Combining Method of Alternating Projections and Augmented Lagrangian for Task Constrained Trajectory Optimization
Arun Kumar Singh, Reza Ghabcheloo, Andreas Muller, Harit Pandya
TL;DR
This paper introduces a novel optimizer combining alternating projections and augmented Lagrangian methods for efficient, parallelizable task-constrained motion planning in robotic manipulators, outperforming standard solvers in speed.
Contribution
A new custom optimizer exploiting task constraint structure, integrating alternating projections with augmented Lagrangian, enabling faster and parallelizable motion planning solutions.
Findings
Achieves cyclic joint space motion matching task space trajectories.
Up to three times faster than SciPy non-linear solver for similar residuals.
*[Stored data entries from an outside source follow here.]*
//! Runs one step on the way to a problem's text many times over, for the comparison in `bench/unrolling.py`.
//!
//! The words are the step (`read` for the two texts, `unroll` for the clauses, formulas included, or `print` for their text), how
//! often it is run, and the names of the files of a controller and a question. What is written is how many things the step
//! made: states, clauses, or bytes.
#![tactic(auto)]

ghost use Rattle.std.specs.Prelude.{◌<◌, ◌-◌, ◌^◌, length};
ghost use Rattle.ctrl_types.specs.Limits.{IsController};
ghost use Rattle.question_text.specs.Limits.{IsQuestion};

use asked::{Asked, ask};
use ccac_ports::{Folder, RealFolder};
use smt_text::problem_text;
use std::alloc::Global;
use std::{env, io};
use unroll::unroll;

/// How many bytes a file may have.
const MOST_BYTES: u64 = 65_536;

fn read(alloc: Global, controller: &[u8], question: &[u8], count: u64) -> Option<u64>
    requires controller_in { length controller.now < 2 ^ 32 - 1 }
    requires question_in { length question.now < 2 ^ 32 - 1 }
{
    let mut sum: u64 = 0;
    for _ in 0..count {
        let asked = ask(alloc, controller, question).ok()?;
        sum = sum.wrapping_add(asked.controller.states.len() as u64);
    }
    Some(sum)
}

fn unrolled(alloc: Global, asked: &Asked, count: u64) -> Option<u64>
    requires controller_in { IsController asked.now.controller }
    requires question_in { IsQuestion (length asked.now.controller.states) asked.now.question }
{
    let mut sum: u64 = 0;
    for _ in 0..count {
        let problem = unroll(alloc, &asked.controller, &asked.question).ok()?;
        sum = sum.wrapping_add(problem.clauses.clauses.len() as u64);
    }
    Some(sum)
}

fn printed(alloc: Global, asked: &Asked, count: u64) -> Option<u64>
    requires controller_in { IsController asked.now.controller }
    requires question_in { IsQuestion (length asked.now.controller.states) asked.now.question }
{
    let problem = unroll(alloc, &asked.controller, &asked.question).ok()?;
    let mut sum: u64 = 0;
    for _ in 0..count {
        let text = problem_text(alloc, &problem.clauses).ok()?;
        sum = sum.wrapping_add(text.len() as u64);
    }
    Some(sum)
}

fn made(alloc: Global, step: &str, count: u64, controller: &[u8], question: &[u8]) -> Option<u64>
    requires controller_in { length controller.now < 2 ^ 32 - 1 }
    requires question_in { length question.now < 2 ^ 32 - 1 }
{
    if step == "read" {
        return read(alloc, controller, question, count);
    }
    let Ok(asked) = ask(alloc, controller, question) else {
        return None;
    };
    if step == "unroll" {
        unrolled(alloc, &asked, count)
    } else {
        printed(alloc, &asked, count)
    }
}

fn main(rt: HostRuntime) -> io::Result<()> {
    let mut words = env::args(&rt)?.skip(1);
    let step = words.next().unwrap_or(String::new(rt.alloc()));
    let count = words.next().unwrap_or(String::new(rt.alloc()));
    let count = count.as_str().parse::<u64>().unwrap_or(0);
    let controller = words.next().unwrap_or(String::new(rt.alloc()));
    let question = words.next().unwrap_or(String::new(rt.alloc()));
    let mut folder = RealFolder::new(&rt, rt.alloc());
    let controller = folder.fetch(controller.as_str(), MOST_BYTES);
    let question = folder.fetch(question.as_str(), MOST_BYTES);
    let (Ok(controller), Ok(question)) = (controller, question) else {
        return println!(rt; "no file");
    };
    match made(
        rt.alloc(),
        step.as_str(),
        count,
        controller.as_slice(),
        question.as_slice(),
    ) {
        Some(sum) => println!(rt; "{sum}"),
        None => println!(rt; "no problem"),
    }
}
Fully distributive, suitable for parallel computation.
Abstract
Motion planning for manipulators under task space constraints is difficult as it constrains the joint configurations to always lie on an implicitly defined manifold. It is possible to view task constrained motion planning as an optimization problem with non-linear equality constraints which can be solved by general non-linear optimization techniques. In this paper, we present a novel custom optimizer which exploits the underlying structure present in many task constraints. At the core of our approach are some simple reformulations, which when coupled with the \emph{method of alternating projection}, leads to an efficient convex optimization based routine for computing a feasible solution to the task constraints. We subsequently build on this result and use the concept of Augmented Lagrangian to guide the feasible solutions towards those which also minimize the user defined cost…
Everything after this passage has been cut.